Let $\sim$ denote the equivalence relation on the cylinder $S^1 \times [-1, 1]$ defined by $(v,-1) \sim (v',-1)$ for all $v, v' \in S^1$, and $(v, 1) \sim (v', 1)$ for all $v, v' \in S^1$. Here $S^1$ is the unit circle $\{(x, y) \in \Bbb{R}^2 | x^2 + y^2 = 1\}$. Prove that the quotient space $S^1 \times [-1, 1]/\sim$ is homeomorphic to the unit sphere $S^2 = \{(x, y, z) \in \Bbb{R}^3| x^2+y^2+z^2 = 1\}$. State carefully results about homeomorphisms and the quotient topology that you use in your proof.
Let $X = S^1 \times [-1,1]$ and $Y = S^2$, where $S^2$ is the sphere centered at the origin with radius $1$. Define $f: X \rightarrow Y$ by homeomorphically mapping each circle $S^1 \times \{t\}$ for $t \in (-1,1)$ to the correspoding circle in $S^2$ at $z = t$. Map $S^1 \times \{1\}$ and $S^1 \times \{-1\}$ to the top and bottom points on the sphere respectively.

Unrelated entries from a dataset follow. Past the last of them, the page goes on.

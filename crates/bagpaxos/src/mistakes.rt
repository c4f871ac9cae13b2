//! What is wrong with the arguments, in words.

use crate::arguments::task_of;
use crate::mistake_text::{help_text, mistake_text};
use crate::slips::slip_text;
use crate::usage::{Usage, usage_of};
use clap::Error;
use clap::error::ErrorKind;
use code_words::push_name;
use folder_checks::push_escaped_bytes;
use std::alloc::{AllocError, Global};
use std::env::Env;
use std::{io, str};

/// As many bytes as Linux lets an argument have.
const LONGEST_ARGUMENT: usize = 131_072;

/// Says on standard error what is wrong with these words; the first is the program's own name.
/// Invisible characters in them are written by numbers, as in all other words: otherwise a word
/// could move the cursor of a terminal, or end a line.
pub fn say_mistake(rt: &HostRuntime, words: &[String]) -> Result<(), AllocError> {
    let words = visible(rt.alloc(), words)?;
    let task = task_of(rt.alloc(), words.as_slice());
    match task {
        Err(error) => say(rt, words.as_slice(), &error),
        // Only what can't be seen was wrong.
        Ok(_) => {
            let _ = rt.eprintln("error: an argument has a character that can't be seen");
            Ok(())
        }
    }
}

/// Says which argument it is that isn't UTF-8: its number, and its bytes, escaped as a path in a
/// line is.
pub fn say_unreadable(rt: &HostRuntime) -> Result<(), AllocError> {
    let mut room = Vec::new(rt.alloc());
    room.resize(LONGEST_ARGUMENT, 0)?;
    for number in 1..usize::MAX {
        let Ok(length) = rt.arg(number, room.as_mut_slice()) else {
            return Ok(());
        };
        let word = room.get(..length).unwrap_or(&[]);
        if str::from_utf8(word).is_err() {
            let mut text = String::new(rt.alloc());
            push_escaped_bytes(&mut text, word)?;
            let _ = eprintln!(rt;
                "it is argument {number}: {text}\nrename it; of folders, check --from0 - reads such a name"
            );
            return Ok(());
        }
    }
    Ok(())
}

/// Prints the help that clap gives as an error, with the usage of the command that these words
/// name. Where memory runs out before, nothing is printed.
pub fn print_help(
    rt: &HostRuntime,
    words: &[String],
    error: &Error,
) -> Result<io::Result<()>, AllocError> {
    let usage = match words {
        [_, help, command, ..] if help.as_str() == "help" => usage_of(command.as_str()),
        _ => usage_in(words),
    };
    let Some(usage) = usage else {
        return Ok(error.print(rt));
    };
    let said = format!(in rt.alloc(); "{error}")?;
    let text = help_text(rt.alloc(), said.as_str(), usage)?;
    Ok(rt.print(text.as_str()))
}

// How the command is typed that these words begin with.
fn usage_in(words: &[String]) -> Option<&'static Usage> {
    match words {
        [_, command, ..] => usage_of(command.as_str()),
        _ => None,
    }
}

fn say(rt: &HostRuntime, words: &[String], error: &Error) -> Result<(), AllocError> {
    if error.kind() == ErrorKind::OutOfMemory {
        return Err(AllocError);
    }
    let said = format!(in rt.alloc(); "{error}")?;
    let usage = usage_in(words);
    let said = match slip_text(rt.alloc(), said.as_str(), words, usage)? {
        Some(slip) => slip,
        None => said,
    };
    let text = mistake_text(rt.alloc(), said.as_str(), usage)?;
    let _ = rt.eprint(text.as_str());
    Ok(())
}

fn visible(alloc: Global, words: &[String]) -> Result<Vec<String>, AllocError> {
    let mut all = Vec::new(alloc);
    for word in words {
        let mut text = String::new(alloc);
        push_name(&mut text, word.as_str())?;
        all.push(text)?;
    }
    Ok(all)
}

Obviously, $f$ is both surjective and continuous. Since both $S^1$ and $[-1,1]$ are compact, so is there product $S^1 \times [-1,1]$. Since $S^2$ is a subspace of a Hausdorff space, it must also be Hausdorff. This tells us that $f$ must be closed, implying that $f$ is a quotient map. Since $f$ is a quotient map, the map $\bar{f}: X/\sim \rightarrow Y$ (induced by $f$) is a homeomorphism as it is an injective quotient map.
I was wondering if there was a more explicit way of showing that $f$ is surjective and continuous. I just said it's "obvious" since it is obvious when you think about it, but is there a more explicit way of proving that (without getting too messy)?